The GPL model requires the following .m file to be estimated using Newton-Raphson in Matlab:

% The @gpl_1 calls the following program that must be saved as gpl_1.m:

function yhat = gpl_1(beta,x)

yhat = beta(1)*abs(x-beta(3)).^beta(2)+beta(4);


%The following Matlab code will fit the model where x are the horizontal distances, y are the elevations.  You will need the stats toolbox to use the nlinfit routine.


beta=[1;1.5;2000;2000]

[beta,r,J]=nlinfit(x,y,@gpl_1,beta)


If you have convergence problems, I recommend that you add the following modified version of nlinfit that will allow more iterations before giving up.  You would copy the following m-file into a working directory:

nlinfit_mod1.m

Model Selection Criteria:

The GPL model is only one of many models that might work well for describing the shape of a given profile, and using only model assumes that it contains all the possible shapes of profiles that may be encountered.  Asymmetric profiles are a quick counter-example to assuming that the GPL model should be ubiquitously applied.
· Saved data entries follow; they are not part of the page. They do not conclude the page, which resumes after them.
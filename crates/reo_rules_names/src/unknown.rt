//! Names that are not declared before their place.
ghost use Rattle.std.specs.Prelude.{◌≡◌, [], ◌∷◌, ◌++◌, OnOk, IfOk, List, ℕ};
ghost use Rattle.std.specs.List.{flat_map};
ghost use Rattle.reo_trees.specs.declared.items.Item.{Item as AnItem};
ghost use Rattle.reo_trees.specs.declared.types.TypeTerm.{TypeTerm as APart};
ghost use Rattle.reo_trees.specs.declared.programs.Parameter.{Parameter as AParameter};
ghost use Rattle.reo_rules.specs.Lists.{each_after};
ghost use Rattle.reo_rules.specs.Types.{Typed, parts_of};
ghost use Rattle.reo_rules.specs.Terms.{symbols_in};
ghost use Rattle.reo_rules.specs.Scopes.{parameter_names, node_names, node_names_in};
ghost use Rattle.reo_rules.specs.Unknown.{missing, unknown_in_part, unknown_in_type, unknown_symbol, unknown_in_channel, unknown_in_item, unknown_in_connector, unknown};
ghost use Rattle.reo_rules.specs.Judged.{IsJudged};
ghost use Rattle.reo_rules_names.specs.SameNames.{SameNames};
ghost use Rattle.reo_rules_names.specs.Symbols.{AreTypes};

use crate::types::DeclaredTypes;
use reo_rules::{FlatFault, Names};
use reo_trees::{
    Channel, Connector, Declaration, Item, ItemForm, Parameter, Program, Shape, TermForm,
};
use reo_values::{Bytes, NoMemory};
use std::alloc::Global;

/// A name, which has to be one of these.
fn one_of(alloc: Global, names: &Names, line: u32, name: &Bytes) -> Result<(), FlatFault>
    ensures { IsJudged (missing names.now line name.now) result }
{
    if names.has(name.as_slice()) {
        return Ok(());
    }
    Err(FlatFault::Unknown {
        line,
        name: name.copy(alloc)?,
    })
}

/// Names, each of which has to be one of these.
fn all_of(alloc: Global, names: &Names, line: u32, sought: &[Bytes]) -> Result<(), FlatFault>
    ensures { IsJudged (flat_map (missing names.now line) sought.now) result }
{
    for name in sought {
        one_of(alloc, names, line, name)?;
    }
    Ok(())
}

/// A written type: the types that it names.
fn type_unknown(alloc: Global, types: &Names, line: u32, shape: &Shape) -> Result<(), FlatFault>
    ensures { IsJudged (flat_map (λ (part : APart). unknown_in_part types.now part.line part.shape)
        (parts_of line shape.now)) result }
{
    match shape {
        Shape::Named(name) => one_of(alloc, types, line, name),
        Shape::Pair(pair) => {
            let pair = pair.get();
            type_unknown(alloc, types, pair.left.line, &pair.left.shape)?;
            type_unknown(alloc, types, pair.right.line, &pair.right.shape)
        }
        Shape::Unit | Shape::Bool | Shape::Int(_, _) | Shape::Sym(_) | Shape::Text(_) => Ok(()),
    }
}

/// A symbol of a type: the type, and then the symbol.
fn symbol_unknown(
    alloc: Global,
    types: &DeclaredTypes,
    line: u32,
    of: &Bytes,
    symbol: &Bytes,
) -> Result<(), FlatFault>
    ensures { (known : List Typed) → AreTypes known types.now
        → IsJudged (unknown_symbol known
        (record { line = line; type = of.now; symbol = symbol.now })) result }
{
    one_of(alloc, &types.names, line, of)?;
    match types.symbols(of.as_slice()) {
        Some(symbols) => one_of(alloc, symbols, line, symbol),
        None => Ok(()),
    }
}

/// An expression: the symbols that it names, from left to right.
fn term_unknown(
    alloc: Global,
    types: &DeclaredTypes,
    line: u32,
    form: &TermForm,
) -> Result<(), FlatFault>
    ensures { (known : List Typed) → AreTypes known types.now
        → IsJudged (flat_map (unknown_symbol known) (symbols_in line form.now)) result }
{
    match form {
        TermForm::Sym(of, symbol) => symbol_unknown(alloc, types, line, of, symbol),
        TermForm::One(_, operand) => {
            let operand = operand.get();
            term_unknown(alloc, types, operand.line, &operand.form)
        }
        TermForm::Two(_, pair) => {
            let pair = pair.get();
            term_unknown(alloc, types, pair.left.line, &pair.left.form)?;
            term_unknown(alloc, types, pair.right.line, &pair.right.form)
        }
        TermForm::If(parts) => {
            let parts = parts.get();
            term_unknown(alloc, types, parts.condition.line, &parts.condition.form)?;
            term_unknown(alloc, types, parts.yes.line, &parts.yes.form)?;
            term_unknown(alloc, types, parts.no.line, &parts.no.form)
        }
        TermForm::It | TermForm::Unit | TermForm::Bool(_) | TermForm::Int(_) | TermForm::Text(_) =>
            Ok(()),
    }
}

/// A channel: its expression.
fn channel_unknown(alloc: Global, types: &DeclaredTypes, channel: &Channel) -> Result<(), FlatFault>
    ensures { (known : List Typed) → AreTypes known types.now
        → IsJudged (unknown_in_channel known channel.now) result }
{
    match channel {
        Channel::Filter(test) => term_unknown(alloc, types, test.line, &test.form),
        Channel::Map(value) => term_unknown(alloc, types, value.line, &value.form),
        Channel::Sync
        | Channel::Lossy
        | Channel::SyncDrain
        | Channel::AsyncDrain
        | Channel::Fifo1(_)
        | Channel::Fifo(_, _)
        | Channel::Shift(_, _)
        | Channel::Variable(_)
        | Channel::Quota(_) => Ok(()),
    }
}

/// An item, by the types, the connectors and the nodes before it.
fn item_unknown(
    alloc: Global,
    types: &DeclaredTypes,
    connectors: &Names,
    nodes: &Names,
    line: u32,
    form: &ItemForm,
) -> Result<(), FlatFault>
    ensures { (known : List Typed) → AreTypes known types.now
        → IsJudged (unknown_in_item known connectors.now nodes.now line form.now) result }
{
    match form {
        ItemForm::Node { term, .. } => type_unknown(alloc, &types.names, term.line, &term.shape),
        ItemForm::Joined {
            channel,
            first,
            second,
        } => {
            one_of(alloc, nodes, line, first)?;
            one_of(alloc, nodes, line, second)?;
            channel_unknown(alloc, types, channel)
        }
        ItemForm::Used { name, arguments } => {
            one_of(alloc, connectors, line, name)?;
            all_of(alloc, nodes, line, arguments.as_slice())
        }
    }
}

/// Notes the node that an item declares, if it is one. `NoMemory` is out of memory.
fn note_node(alloc: Global, nodes: &mut Names, form: &ItemForm) -> Result<(), NoMemory>
    ensures { OnOk result ((names : List (List ℕ)) → SameNames nodes.old names
        → SameNames nodes.new (names ++ node_names_in form.now)) }
{
    if let ItemForm::Node { name, .. } = form {
        nodes.note(alloc, name.as_slice())?;
    }
    Ok(())
}

/// The items of a connector whose parameters were noted.
fn items_unknown(
    alloc: Global,
    types: &DeclaredTypes,
    connectors: &Names,
    nodes: &mut Names,
    items: &[Item],
) -> Result<(), FlatFault>
    ensures { (known : List Typed) (cs : List (List ℕ)) (ps : List AParameter)
        → AreTypes known types.now → SameNames connectors.now cs
        → SameNames nodes.old (parameter_names ps)
        → IsJudged (each_after (λ before (i : AnItem). unknown_in_item known cs
        (parameter_names ps ++ node_names before) i.line i.form) [] items.now) result }
{
    for item in items {
        item_unknown(alloc, types, connectors, nodes, item.line, &item.form)?;
        note_node(alloc, nodes, &item.form)?;
    }
    Ok(())
}

/// The types of parameters.
fn parameters_unknown(
    alloc: Global,
    types: &Names,
    parameters: &[Parameter],
) -> Result<(), FlatFault>
    ensures { IsJudged (flat_map (λ (p : AParameter). unknown_in_type types.now p.term)
        parameters.now) result }
{
    for parameter in parameters {
        type_unknown(alloc, types, parameter.term.line, &parameter.term.shape)?;
    }
    Ok(())
}

/// The names of parameters. `NoMemory` is out of memory.
fn parameter_names(alloc: Global, parameters: &[Parameter]) -> Result<Names, NoMemory>
    ensures { IfOk result (λ names. SameNames names (parameter_names parameters.now)) }
{
    let mut names = Names::new(alloc);
    for parameter in parameters {
        names.note(alloc, parameter.name.as_slice())?;
    }
    Ok(names)
}

/// A connector, by the types and the connectors before it.
fn connector_unknown(
    alloc: Global,
    types: &DeclaredTypes,
    connectors: &Names,
    connector: &Connector,
) -> Result<(), FlatFault>
    ensures { (known : List Typed) (cs : List (List ℕ))
        → AreTypes known types.now → SameNames connectors.now cs
        → IsJudged (unknown_in_connector known cs connector.now) result }
{
    let parameters = connector.parameters.as_slice();
    parameters_unknown(alloc, &types.names, parameters)?;
    let mut nodes = parameter_names(alloc, parameters)?;
    let items = connector.items.as_slice();
    items_unknown(alloc, types, connectors, &mut nodes, items)
}

/// Declarations one after another; each counts once it is complete.
fn declarations_unknown(
    alloc: Global,
    types: &mut DeclaredTypes,
    connectors: &mut Names,
    declarations: &[Declaration],
) -> Result<(), FlatFault>
    requires no_types { AreTypes [] types.old }
    requires no_connectors { connectors.old ≡ [] }
    ensures { IsJudged (unknown declarations.now) result }
{
    for declaration in declarations {
        match declaration {
            Declaration::Named { name, term, .. } => {
                type_unknown(alloc, &types.names, term.line, &term.shape)?;
                types.add(alloc, name, &term.shape)?;
            }
            Declaration::Made(connector) => {
                connector_unknown(alloc, types, connectors, connector)?;
                connectors.note(alloc, connector.name.as_slice())?;
            }
        }
    }
    Ok(())
}

/// Each type, connector and node is declared before its place, a node in its connector, and where
/// an expression names a symbol of a sym type, the type has it. Where one is not, `Unknown` is the
/// first in the text that is not, with the line of the type, item or term that it stands in; for
/// `T.s` it is `T` where no type `T` is declared before, and else `s`. `NoMemory` is out of memory.
pub fn judge_unknown(alloc: Global, program: &Program) -> Result<(), FlatFault>
    ensures { IsJudged (unknown program.now.declarations) result }
{
    let mut types = DeclaredTypes::new(alloc);
    let mut connectors = Names::new(alloc);
    let declarations = program.declarations.as_slice();
    declarations_unknown(alloc, &mut types, &mut connectors, declarations)
}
Research is ongoing regarding the best model selection criterion to use for this set of nonlinear regression models.  Updates on results will be posted on this website.  For now, the PDC of Neath, Davies and Cavanaugh is favored for its performance in linear regression simulations and the minimal assumptions required in its derivations.



The following code will produce the PDC values as well as some other related criteria.  Research is ongoing related to assessing the optimal criteria to use for this application.  

% A small section of the code used to estimate the model selection criteria is provided, the model selection continues for the other eight models considered in a similar manner.  Someday I'll make this look a bit better but this gets at the basics.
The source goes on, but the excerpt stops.